**Given information**
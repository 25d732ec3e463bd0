// A block whose pages were all tried is cleaned: its pages that are in use are copied, and it is erased.
ghost use Rattle.std.specs.Prelude.{◌≡◌, ◌↔◌, ◌+◌, ◌/◌, ◌≤◌, ℕ, IfNone, IfSome, Some, false, true};
ghost use Rattle.nl_iface.specs.Calls.{CallCounted, OnlyReads, stored};
ghost use Rattle.nl_iface.specs.Moves.{ErasesAtCrashes, KeepsCleaning, LeavesErased};
ghost use Rattle.nl_iface.specs.Names.{SameTables};
ghost use Rattle.nl_pagemap.specs.Cleaning.{CanBeCleaned, ChangesRoom, CleansFirst, CopiesFrom, GainsDead, IsCleanedFirst, IsFull, KeepsNumbers, medium_of};
ghost use Rattle.nl_pagemap.specs.Mapped.{in_use, seen, untried_in};
ghost use Rattle.nl_pagemap.specs.Stands.{IsMapped};
ghost use Rattle.nl_pagemap_names.specs.Table.{ForgetsReleased, entry_at, live_at};
ghost use Rattle.nl_pagemap_names.specs.Untried.{is_in};
ghost use Rattle.nl_pagemap_names.specs.declared.entry.Entry.{Entry as EntryOf};

use crate::pagemap::Pagemap;
use nl_iface::Counts;
use nl_nand::{Nand, WriteAnswer};

/// What a cleaning answers.
#[derive(Clone, Copy, Debug, PartialEq, Eq)]
pub enum Cleaning {
    /// A block was cleaned.
    Done,
    /// No block whose pages were all tried has one that is not in use.
    Nothing,
    /// The medium failed, or no page was left to copy to.
    Fault,
}

impl<M: Nand> Pagemap<M> {
    /// Cleans the block with the fewest pages in use, of those whose pages were all tried and of which one is not in use: it copies the
    /// pages that are in use, and erases the block. Each number keeps its owner, its stamp and its bytes. What numbers have that are
    /// not in use may be gone. After `Fault` some pages may be copied, and the block is not erased.
    pub fn clean(&mut self) -> Cleaning
        requires { ⟦<Pagemap<M> as Counts>⟧.formed self.old }
        ensures formed { ⟦<Pagemap<M> as Counts>⟧.formed self.new }
        ensures nothing { result ≡ Cleaning.Nothing ↔ ((block : ℕ) → CanBeCleaned (seen M.contents self.old) block → ⊥) }
        ensures none { result ≡ Cleaning.Nothing → OnlyReads ⟦<Pagemap<M> as Counts>⟧ self.old self.new }
        ensures gains { result ≡ Cleaning.Done → GainsDead (seen M.contents self.old) (seen M.contents self.new) }
        ensures spent { result ≡ Cleaning.Fault
            → (⟦<Pagemap<M> as Counts>⟧.names self.new).space.room ≤ (⟦<Pagemap<M> as Counts>⟧.names self.old).space.room }
        ensures tables { SameTables (⟦<Pagemap<M> as Counts>⟧.names self.old) (⟦<Pagemap<M> as Counts>⟧.names self.new) }
        ensures space { ChangesRoom (⟦<Pagemap<M> as Counts>⟧.names self.old).space (⟦<Pagemap<M> as Counts>⟧.names self.new).space }
        ensures now { M.tells
            → LeavesErased (⟦<Pagemap<M> as Counts>⟧.names self.old) (⟦<Pagemap<M> as Counts>⟧.bytes self.old)
            (stored ⟦<Pagemap<M> as Counts>⟧ self.old) (stored ⟦<Pagemap<M> as Counts>⟧ self.new) }
        ensures left { M.tells → ErasesAtCrashes ⟦<Pagemap<M> as Counts>⟧ self.old self.new }
        ensures kept { KeepsCleaning ⟦<Pagemap<M> as Counts>⟧ self.old self.new }
        ensures faults { CallCounted ⟦<Pagemap<M> as Counts>⟧ (result ≡ Cleaning.Fault) self.old self.new }
    {
        self.clean_next()
    }

    /// Cleans the block that is cleaned first.
    fn clean_next(&mut self) -> Cleaning
        requires formed { IsMapped M.tells (M.geometry self.old.media) (seen M.contents self.old) }
        ensures formed { IsMapped M.tells (M.geometry self.new.media) (seen M.contents self.new) }
        ensures nothing { result ≡ Cleaning.Nothing ↔ ((block : ℕ) → CanBeCleaned (seen M.contents self.old) block → ⊥) }
        ensures same { result ≡ Cleaning.Nothing → self.new ≡ self.old }
        ensures gained { result ≡ Cleaning.Done → CleansFirst (seen M.contents self.old) (seen M.contents self.new) }
        ensures spent { result ≡ Cleaning.Fault → untried_in (seen M.contents self.new) ≤ untried_in (seen M.contents self.old) }
        ensures kept { KeepsNumbers M.tells (seen M.contents self.old) (seen M.contents self.new) }
        ensures clock { M.clock self.old.media ≤ M.clock self.new.media }
        ensures counted { CallCounted ⟦<Pagemap<M> as Counts>⟧ (result ≡ Cleaning.Fault) self.old self.new }
    {
        let Some(block) = self.cleaned_first() else {
            return Cleaning::Nothing;
        };
        if self.clean_block(block) {
            Cleaning::Done
        } else {
            Cleaning::Fault
        }
    }

    /// The block that is cleaned first. None exactly where none can be cleaned.
    fn cleaned_first(&mut self) -> Option<u32>
        requires formed { IsMapped M.tells (M.geometry self.old.media) (seen M.contents self.old) }
        ensures same { self.new ≡ self.old }
        ensures some { IfSome result (IsCleanedFirst (seen M.contents self.old)) }
        ensures none { IfNone result ((block : ℕ) → CanBeCleaned (seen M.contents self.old) block → ⊥) }
    {
        let first = self.shape.vblocks;
        match self
            .untried
            .fewest_used(&self.table, self.shape.pages, first)
        {
            Some(block) => Some(first + block),
            None => None,
        }
    }

    /// Copies the pages of a block that are in use, and erases it. False exactly where that failed.
    fn clean_block(&mut self, block: u32) -> bool
        requires formed { IsMapped M.tells (M.geometry self.old.media) (seen M.contents self.old) }
        requires full { IsFull (seen M.contents self.old) block }
        ensures formed { IsMapped M.tells (M.geometry self.new.media) (seen M.contents self.new) }
        ensures kept { KeepsNumbers M.tells (seen M.contents self.old) (seen M.contents self.new) }
        ensures gained { result ≡ true
            → untried_in (seen M.contents self.new) + in_use (seen M.contents self.old) block
            ≡ untried_in (seen M.contents self.old) + self.old.shape.pages }
        ensures spent { result ≡ false → untried_in (seen M.contents self.new) ≤ untried_in (seen M.contents self.old) }
        ensures clock { M.clock self.old.media ≤ M.clock self.new.media }
        ensures counted { CallCounted ⟦<Pagemap<M> as Counts>⟧ (result ≡ false) self.old self.new }
    {
        if !self.empty_block(block) {
            return false;
        }
        self.forget_released();
        self.erase_block(block)
    }

    /// Copies the pages of a block that are in use. False where that failed.
    fn empty_block(&mut self, block: u32) -> bool
        requires formed { IsMapped M.tells (M.geometry self.old.media) (seen M.contents self.old) }
        requires full { IsFull (seen M.contents self.old) block }
        ensures formed { IsMapped M.tells (M.geometry self.new.media) (seen M.contents self.new) }
        ensures kept { KeepsNumbers M.tells (seen M.contents self.old) (seen M.contents self.new) }
        ensures full { IsFull (seen M.contents self.new) block }
        ensures empty { result ≡ true → (n : ℕ) → is_in self.new.shape.pages block (live_at self.new.table n) ≡ false }
        ensures copied { result ≡ true → CopiesFrom block (seen M.contents self.old) (seen M.contents self.new) }
        ensures spent { untried_in (seen M.contents self.new) ≤ untried_in (seen M.contents self.old) }
        ensures clock { M.clock self.old.media ≤ M.clock self.new.media }
        ensures counted { CallCounted ⟦<Pagemap<M> as Counts>⟧ (result ≡ false) self.old self.new }
    {
        let first = self.table.first();
        let last = self.table.last();
        for number in first..last {
            if !self.move_off(number, block) {
                return false;
            }
        }
        true
    }

    /// The numbers that are not in use keep no entry.
    fn forget_released(&mut self)
        requires formed { IsMapped M.tells (M.geometry self.old.media) (seen M.contents self.old) }
        ensures formed { IsMapped M.tells (M.geometry self.new.media) (seen M.contents self.new) }
        ensures forgets { ForgetsReleased self.old.table self.new.table }
        ensures rest { self.new ≡ record self.old { table = self.new.table } }
    {
        self.table.forget_released();
    }

    /// Erases a block under which no number has its page. False exactly where that failed.
    fn erase_block(&mut self, block: u32) -> bool
        requires formed { IsMapped M.tells (M.geometry self.old.media) (seen M.contents self.old) }
        requires full { IsFull (seen M.contents self.old) block }
        requires empty { (n : ℕ) (e : EntryOf) → entry_at self.old.table n ≡ Some e → e.page / self.old.shape.pages ≡ block → ⊥ }
        ensures formed { IsMapped M.tells (M.geometry self.new.media) (seen M.contents self.new) }
        ensures kept { KeepsNumbers M.tells (seen M.contents self.old) (seen M.contents self.new) }
        ensures gained { result ≡ true
            → untried_in (seen M.contents self.new) ≡ untried_in (seen M.contents self.old) + self.old.shape.pages }
        ensures same { result ≡ false → untried_in (seen M.contents self.new) ≡ untried_in (seen M.contents self.old) }
        ensures clock { M.clock self.old.media ≤ M.clock self.new.media }
        ensures counted { CallCounted ⟦<Pagemap<M> as Counts>⟧ (result ≡ false) self.old self.new }
    {
        match self.media.erase(block) {
            WriteAnswer::Failed => false,
            WriteAnswer::Done => {
                self.untried
                    .refill(block - self.shape.vblocks, self.shape.pages);
                self.room = self.untried.total().saturating_sub(self.shape.pages);
                self.free = 1 + self.room / self.shape.pages;
                true
            }
        }
    }

    /// How many pages can be programmed under new numbers before a block is cleaned.
    pub fn pages_left(&self) -> u32
        ensures { result ≡ (⟦<Pagemap<M> as Counts>⟧.names self.now).space.room }
    {
        self.room
    }

    /// Gives the medium back.
    pub fn into_media(self) -> M
        ensures { result ≡ medium_of self }
    {
        let Pagemap {
            media,
            vseg,
            table,
            untried,
            buf,
            ..
        } = self;
        drop(vseg);
        drop(table);
        drop(untried);
        drop(buf);
        media
    }
}
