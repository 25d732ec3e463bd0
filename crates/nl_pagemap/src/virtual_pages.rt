// The device reads and writes pages by virtual address.
ghost use Rattle.std.specs.Prelude.{◌≡◌, ◌↔◌, ◌⊎◌, ◌+◌, ◌<◌, ◌^◌, IsTrue, cond, refl};
ghost use Rattle.nl_field.specs.CrashStates.{Rose};
ghost use Rattle.nl_pagemap.specs.Laws.{at_most_now, none_from, none_stored, shows_map, stamp_in_map};

use crate::pagemap::Pagemap;
use nl_field::{PageBuf, VirtualRead, VirtualWrite};
use nl_iface::VirtualPages;
use nl_nand::Nand;

impl<M: Nand> VirtualPages for Pagemap<M> {
    ghost numbers = { λ d f. f.volume };

    ghost stamps_of_map = { λ d v. stamp_in_map d.vseg.places (M.contents d.media) v };

    ghost next = { λ d f. f.some };

    ghost next_above = { λ d v t f is. f.addresses v t is };

    ghost beyond = { λ d v f past. none_from f v past };

    ghost stores = { λ d t f. record {
      shows = shows_map f;
      beyond = none_stored f;
      failed_below = λ v x no. absurd no;
    } };

    ghost now_left = { λ d. (refl, refl) };

    ghost no_later = { λ d m c l. at_most_now l.0 };

    fn virtual_read(&mut self, vaddr: u32, buf: &mut PageBuf) -> VirtualRead {
        self.vseg.virtual_read(&mut self.media, vaddr, buf)
    }

    fn virtual_write(&mut self, vaddr: u32, from: &PageBuf) -> VirtualWrite {
        let before = self.failures();
        let answer = self
            .vseg
            .virtual_write(&mut self.media, vaddr, from, self.next);
        let taken = takes_stamp(&answer, before, self.failures());
        self.next = stamp_after(self.next, taken);
        answer
    }
}

/// The next stamp after one that was taken, or not.
fn stamp_after(next: u64, taken: bool) -> u64
    requires { next < 2 ^ 63 }
    ensures { result ≡ next + cond taken 1 0 }
{
    if taken { next + 1 } else { next }
}

/// Whether a count of failures rose, or stands at its end.
fn rose(before: u64, now: u64) -> bool
    ensures { IsTrue result ↔ Rose before now }
{
    before < now || now == u64::MAX
}

/// Whether a write may have programmed its page.
fn takes_stamp(answer: &VirtualWrite, before: u64, now: u64) -> bool
    ensures { IsTrue result ↔ ((answer.now ≡ VirtualWrite.Done) ⊎ Rose before now) }
{
    match *answer {
        VirtualWrite::Done => true,
        VirtualWrite::Lost { .. } | VirtualWrite::Fault => rose(before, now),
    }
}
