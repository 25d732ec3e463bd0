// What is seen of the device, and its counts.
ghost use Rattle.std.specs.Prelude.{◌≡◌, ◌+◌, ⊤, []};
ghost use Rattle.nl_field.specs.CrashStates.{saturated};
ghost use Rattle.nl_iface.specs.Stored.{Stored};
ghost use Rattle.nl_pagemap.specs.Mapped.{bytes_at, names_of, seen, stored_in};
ghost use Rattle.nl_pagemap.specs.Stands.{IsMapped};
ghost use Rattle.nl_vseg.specs.Places.{map_of, stamp_for};
ghost use Rattle.nl_vseg.specs.Segment.{SegmentHasUnmapped};

use crate::pagemap::Pagemap;
use nl_iface::Counts;
use nl_nand::Nand;

/// What is stored is what the table leads to, and what a stop leaves is what there is now. An erase that is refused counts as a write that
/// failed.
impl<M: Nand> Counts for Pagemap<M> {
    ghost tells = { M.tells };

    ghost clock = { λ d. M.clock d.media };

    ghost read_faults = { λ d. M.read_faults d.media };

    ghost write_faults = { λ d. saturated (M.write_faults d.media + d.refused) };

    ghost Crash = { Stored };

    ghost stored_of = { λ c. c };

    ghost contents = { λ d. stored_in (seen M.contents d) };

    ghost left = { λ d m c. (m ≡ M.clock d.media) × (c ≡ stored_in (seen M.contents d)) };

    ghost formed = { λ d. IsMapped M.tells (M.geometry d.media) (seen M.contents d) };

    ghost shape = { λ d. d.shape };

    ghost stamps = { λ d v. stamp_for d.vseg.places v };

    ghost map = { λ d v. map_of d.vseg.places (M.contents d.media) v };

    ghost failed = { λ d v x. ⊥ };

    ghost keeps_spare = { λ d. SegmentHasUnmapped d.vseg };

    ghost next_stamp = { λ d. d.next };

    ghost names = { λ d. names_of (seen M.contents d) };

    ghost bytes = { λ d n. bytes_at (seen M.contents d) n };

    ghost found = { λ d. [] };

    ghost clean = { λ d. ⊤ };

    fn clock(&self) -> u64 {
        self.media.clock()
    }

    fn read_faults(&self) -> u64 {
        self.media.read_faults()
    }

    fn write_faults(&self) -> u64 {
        self.failures()
    }
}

**Problem description**
Pick out and copy the lines of the material that include the word "device".

**Result**
// The device reads and writes pages by virtual address.
// What is seen of the device, and its counts.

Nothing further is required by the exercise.